» **REQUIREMENT**: Return only the lines of the listing below that run from the line with "of each text with its count." through the line with "(λ s. string_bytes", both ends included, exactly as written.
╭─ DATA SUPPLIED
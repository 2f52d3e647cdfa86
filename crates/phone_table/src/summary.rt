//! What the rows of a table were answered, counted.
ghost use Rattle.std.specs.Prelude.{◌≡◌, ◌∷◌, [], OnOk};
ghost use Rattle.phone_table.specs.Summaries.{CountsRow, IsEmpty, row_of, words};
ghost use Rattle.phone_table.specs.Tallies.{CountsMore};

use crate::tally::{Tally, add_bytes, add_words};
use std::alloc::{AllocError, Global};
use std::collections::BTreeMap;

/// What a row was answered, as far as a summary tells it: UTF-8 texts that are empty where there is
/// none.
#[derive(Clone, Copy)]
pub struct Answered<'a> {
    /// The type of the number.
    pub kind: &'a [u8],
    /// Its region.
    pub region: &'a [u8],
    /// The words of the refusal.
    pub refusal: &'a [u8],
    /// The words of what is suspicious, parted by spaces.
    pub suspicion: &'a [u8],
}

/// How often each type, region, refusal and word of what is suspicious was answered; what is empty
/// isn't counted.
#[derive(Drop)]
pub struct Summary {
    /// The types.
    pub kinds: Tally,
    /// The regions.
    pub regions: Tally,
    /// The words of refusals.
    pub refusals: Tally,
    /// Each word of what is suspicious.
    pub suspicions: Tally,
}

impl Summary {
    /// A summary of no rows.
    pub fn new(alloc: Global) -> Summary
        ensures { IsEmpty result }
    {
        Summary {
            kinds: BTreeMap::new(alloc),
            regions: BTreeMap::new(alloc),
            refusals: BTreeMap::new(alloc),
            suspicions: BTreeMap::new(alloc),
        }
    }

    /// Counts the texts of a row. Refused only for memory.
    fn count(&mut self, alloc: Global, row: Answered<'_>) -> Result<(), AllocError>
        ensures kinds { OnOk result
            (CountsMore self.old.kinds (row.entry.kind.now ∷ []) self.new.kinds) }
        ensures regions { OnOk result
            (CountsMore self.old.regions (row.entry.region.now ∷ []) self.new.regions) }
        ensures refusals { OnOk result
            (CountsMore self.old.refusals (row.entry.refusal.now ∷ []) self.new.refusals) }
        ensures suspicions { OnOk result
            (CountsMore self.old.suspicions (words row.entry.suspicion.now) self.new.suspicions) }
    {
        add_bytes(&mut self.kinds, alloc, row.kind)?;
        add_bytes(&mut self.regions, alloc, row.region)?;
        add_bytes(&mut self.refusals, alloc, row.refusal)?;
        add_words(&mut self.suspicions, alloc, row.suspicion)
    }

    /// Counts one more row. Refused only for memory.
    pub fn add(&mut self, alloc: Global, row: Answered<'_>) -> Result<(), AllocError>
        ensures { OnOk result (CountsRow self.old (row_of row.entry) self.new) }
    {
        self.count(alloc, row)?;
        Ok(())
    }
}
╰─
╭─ DATA SUPPLIED
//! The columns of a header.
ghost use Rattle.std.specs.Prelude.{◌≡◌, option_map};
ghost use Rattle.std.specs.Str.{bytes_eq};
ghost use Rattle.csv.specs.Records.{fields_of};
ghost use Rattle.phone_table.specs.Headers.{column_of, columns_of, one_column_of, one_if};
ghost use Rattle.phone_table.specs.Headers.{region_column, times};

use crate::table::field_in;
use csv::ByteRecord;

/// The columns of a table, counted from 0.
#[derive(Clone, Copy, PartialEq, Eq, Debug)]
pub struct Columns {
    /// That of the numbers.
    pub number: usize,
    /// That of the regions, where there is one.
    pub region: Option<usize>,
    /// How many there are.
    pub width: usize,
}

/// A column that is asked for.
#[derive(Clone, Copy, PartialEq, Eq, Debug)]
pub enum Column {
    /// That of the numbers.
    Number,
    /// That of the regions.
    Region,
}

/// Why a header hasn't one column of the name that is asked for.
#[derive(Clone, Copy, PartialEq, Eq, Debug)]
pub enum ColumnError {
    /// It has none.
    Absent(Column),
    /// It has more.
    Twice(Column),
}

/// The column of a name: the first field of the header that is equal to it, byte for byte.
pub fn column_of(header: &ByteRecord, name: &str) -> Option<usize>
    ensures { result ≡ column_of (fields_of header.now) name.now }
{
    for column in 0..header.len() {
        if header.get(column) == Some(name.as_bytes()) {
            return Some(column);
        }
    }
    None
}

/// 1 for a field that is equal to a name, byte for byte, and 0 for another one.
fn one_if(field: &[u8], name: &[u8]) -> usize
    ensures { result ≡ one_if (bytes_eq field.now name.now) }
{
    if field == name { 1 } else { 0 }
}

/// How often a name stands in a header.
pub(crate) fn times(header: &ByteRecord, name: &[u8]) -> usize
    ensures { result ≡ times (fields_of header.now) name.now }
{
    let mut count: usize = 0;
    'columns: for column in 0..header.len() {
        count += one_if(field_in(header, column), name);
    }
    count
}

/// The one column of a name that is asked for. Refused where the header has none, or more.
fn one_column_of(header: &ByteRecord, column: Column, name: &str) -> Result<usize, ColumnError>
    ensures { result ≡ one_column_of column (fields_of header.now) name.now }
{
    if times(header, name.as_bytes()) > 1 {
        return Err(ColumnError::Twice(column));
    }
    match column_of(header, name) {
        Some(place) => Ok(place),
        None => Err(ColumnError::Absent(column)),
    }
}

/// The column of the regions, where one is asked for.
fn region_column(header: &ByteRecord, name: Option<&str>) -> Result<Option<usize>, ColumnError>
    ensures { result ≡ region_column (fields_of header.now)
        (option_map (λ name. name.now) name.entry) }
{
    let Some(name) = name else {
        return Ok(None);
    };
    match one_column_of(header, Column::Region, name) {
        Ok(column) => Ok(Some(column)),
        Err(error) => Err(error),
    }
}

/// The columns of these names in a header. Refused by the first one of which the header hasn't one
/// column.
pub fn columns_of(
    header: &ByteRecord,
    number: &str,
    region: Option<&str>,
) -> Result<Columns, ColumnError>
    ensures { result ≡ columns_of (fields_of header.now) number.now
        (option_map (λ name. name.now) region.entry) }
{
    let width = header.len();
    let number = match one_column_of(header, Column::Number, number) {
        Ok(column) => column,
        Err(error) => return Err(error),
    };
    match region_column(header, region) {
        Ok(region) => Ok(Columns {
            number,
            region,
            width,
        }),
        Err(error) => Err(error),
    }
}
╰─
╭─ DATA SUPPLIED
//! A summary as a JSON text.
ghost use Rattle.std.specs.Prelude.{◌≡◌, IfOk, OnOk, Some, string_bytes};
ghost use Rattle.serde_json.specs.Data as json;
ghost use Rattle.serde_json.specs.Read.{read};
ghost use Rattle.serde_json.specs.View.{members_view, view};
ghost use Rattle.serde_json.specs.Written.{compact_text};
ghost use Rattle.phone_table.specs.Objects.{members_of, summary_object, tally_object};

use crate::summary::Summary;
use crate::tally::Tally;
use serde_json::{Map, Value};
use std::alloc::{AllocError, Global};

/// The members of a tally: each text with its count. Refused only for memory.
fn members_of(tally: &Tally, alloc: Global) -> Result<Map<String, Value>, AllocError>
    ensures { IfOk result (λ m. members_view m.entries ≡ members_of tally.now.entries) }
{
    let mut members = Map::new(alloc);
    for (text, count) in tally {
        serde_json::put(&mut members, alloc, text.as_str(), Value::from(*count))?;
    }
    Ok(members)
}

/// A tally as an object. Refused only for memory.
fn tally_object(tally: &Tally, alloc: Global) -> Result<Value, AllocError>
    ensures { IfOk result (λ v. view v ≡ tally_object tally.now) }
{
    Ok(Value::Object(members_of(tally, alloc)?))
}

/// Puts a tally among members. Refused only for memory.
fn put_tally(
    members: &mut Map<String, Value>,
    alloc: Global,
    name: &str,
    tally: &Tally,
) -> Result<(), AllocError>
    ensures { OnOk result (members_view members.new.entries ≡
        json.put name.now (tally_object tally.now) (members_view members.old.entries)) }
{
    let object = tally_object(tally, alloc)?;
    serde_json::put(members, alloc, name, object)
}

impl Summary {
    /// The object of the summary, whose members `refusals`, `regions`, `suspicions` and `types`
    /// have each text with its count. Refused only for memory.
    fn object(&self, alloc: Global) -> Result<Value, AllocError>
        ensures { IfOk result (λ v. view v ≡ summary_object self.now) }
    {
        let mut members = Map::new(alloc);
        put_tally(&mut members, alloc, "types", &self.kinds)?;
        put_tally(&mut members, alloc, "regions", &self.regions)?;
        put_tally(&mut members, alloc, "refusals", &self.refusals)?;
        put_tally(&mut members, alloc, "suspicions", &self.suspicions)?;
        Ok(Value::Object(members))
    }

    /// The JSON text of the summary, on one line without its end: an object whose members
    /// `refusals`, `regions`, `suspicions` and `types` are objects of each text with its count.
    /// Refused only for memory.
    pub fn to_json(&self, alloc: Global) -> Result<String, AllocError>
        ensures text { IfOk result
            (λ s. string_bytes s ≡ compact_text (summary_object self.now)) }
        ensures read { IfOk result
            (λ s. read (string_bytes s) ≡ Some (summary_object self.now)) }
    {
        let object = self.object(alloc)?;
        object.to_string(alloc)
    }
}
╰─
» **RESULT OF THE EXERCISE**:
    /// `refusals`, `regions`, `suspicions` and `types` are objects of each text with its count.
    /// Refused only for memory.
    pub fn to_json(&self, alloc: Global) -> Result<String, AllocError>
        ensures text { IfOk result
            (λ s. string_bytes s ≡ compact_text (summary_object self.now)) }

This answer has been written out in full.